I am trying to extract a CSV file which is stored in a blob URL in this domain using beautiful soup: https://worldpopulationreview.com/country-rankings/exports-by-country
Here's my code:
exports = pd.read_csv(io.StringIO(requests.get(BeautifulSoup(requests.get('https://worldpopulationreview.com/country-rankings/exports-by-country').text,\
'html.parser').find_all(download="csvData.csv"))))

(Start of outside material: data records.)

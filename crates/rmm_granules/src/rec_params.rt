//! The checks of a new REC's auxiliary granules. RMM 1.0, RMI_REC_CREATE.
ghost use Rattle.std.specs.Prelude.{◌≡◌, ◌<◌, ◌≤◌, length};
ghost use Rattle.rmm_model.specs.Machine.{is_aligned, is_inside};
ghost use Rattle.rmm_model.specs.Command.RecCreate as command;
ghost use Rattle.rmm_granules.specs.Tests.{aux_passes};

use crate::Granules;
use page_arena::PageStore;
use rmi_abi::RecParams;

// ---- one test of each of them

// A test of the address of an auxiliary granule.
#[derive(Clone, Copy)]
pub enum AuxTest {
    Aligned,
    Inside,
    Delegated,
    Not(u64),
}

// Whether an address passes a test.
fn passes<S: PageStore>(granules: &Granules<S>, test: AuxTest, address: u64) -> bool
    ensures { result ≡ aux_passes granules.now test address }
{
    match test {
        AuxTest::Aligned => address % 4096 == 0,
        AuxTest::Inside => granules.is_inside(address),
        AuxTest::Delegated => {
            granules.is_inside(address) && granules.is_delegated(granules.number_of(address))
        }
        AuxTest::Not(other) => address != other,
    }
}

// Whether the addresses of the first `count` auxiliary granules that parameters name all pass a test.
fn all_aux<S: PageStore>(granules: &Granules<S>, page: &[u8], test: AuxTest, count: u8) -> bool
    requires page { length page.now ≡ 4096 }
    requires few { count ≤ 16 }
    ensures { result ≡ command.all_aux (aux_passes granules.now test) page.now count }
{
    for k in 0..count {
        if !passes(granules, test, RecParams::aux(page, k)) {
            return false;
        }
    }
    true
}

// ---- the tests

/// Returns whether the addresses of a REC's auxiliary granules are aligned. The first `count` addresses in the REC's
/// parameters have to be multiples of 4,096.
pub fn are_aux_aligned<S: PageStore>(granules: &Granules<S>, page: &[u8], count: u8) -> bool
    requires page { length page.now ≡ 4096 }
    requires few { count ≤ 16 }
    ensures { result ≡ command.all_aux is_aligned page.now count }
{
    all_aux(granules, page, AuxTest::Aligned, count)
}

/// Returns whether a REC's auxiliary granules are in the machine. The first `count` addresses in the REC's parameters
/// have to lie in granules of the machine.
pub fn are_aux_inside<S: PageStore>(granules: &Granules<S>, page: &[u8], count: u8) -> bool
    requires page { length page.now ≡ 4096 }
    requires few { count ≤ 16 }
    ensures { result ≡ command.all_aux (is_inside granules.now) page.now count }
{
    all_aux(granules, page, AuxTest::Inside, count)
}

/// Returns whether a REC's auxiliary granules are DELEGATED. The first `count` addresses in the REC's parameters have
/// to lie in DELEGATED granules of the machine.
pub fn are_aux_delegated<S: PageStore>(granules: &Granules<S>, page: &[u8], count: u8) -> bool
    requires page { length page.now ≡ 4096 }
    requires few { count ≤ 16 }
    ensures { result ≡ command.all_aux (command.can_be_aux granules.now) page.now count }
{
    all_aux(granules, page, AuxTest::Delegated, count)
}

// Whether auxiliary granule `k` is neither the REC's granule nor an earlier auxiliary granule.
fn is_apart<S: PageStore>(granules: &Granules<S>, page: &[u8], rec: u64, k: u8) -> bool
    requires page { length page.now ≡ 4096 }
    requires below { k < 16 }
    ensures { result ≡ command.is_apart rec page.now k }
{
    let address = RecParams::aux(page, k);
    address != rec && all_aux(granules, page, AuxTest::Not(address), k)
}

/// Returns whether a REC's granule and its first `count` auxiliary granules all differ.
pub fn are_aux_apart<S: PageStore>(granules: &Granules<S>, page: &[u8], rec: u64, count: u8) -> bool
    requires page { length page.now ≡ 4096 }
    requires few { count ≤ 16 }
    ensures { result ≡ command.all_from (command.is_apart rec page.now) 0 count }
{
    for k in 0..count {
        if !is_apart(granules, page, rec, k) {
            return false;
        }
    }
    true
}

What I got was an exception and NO blob link in the href. The blob url does exist when I inspect the html on my browser:
I decided to just do a get request for the blob url itself instead of scraping it since the href does not show the blob url but this exception appears:
requests.exceptions.InvalidSchema: No connection adapters were found for 'blob:https://worldpopulationreview.com/850ac28e-9cd9-46b6-9423-e96a0bd7e938'
Is there a way to web scrape blob URLs?
These blob URLs are created only in the browser, usually with Javascript, they don't exist on the server at all. So you cannot download them with requests
.
You could use a Javascript script in the browser console to get the content, here is an example on how to fetch the blob URL in Javascript: https://stackoverflow.com/a/52410044/
If you need to do this automatically, you can possibly create a userscript to do it or use an automation tool like AutoHotkey to click th download link automatically.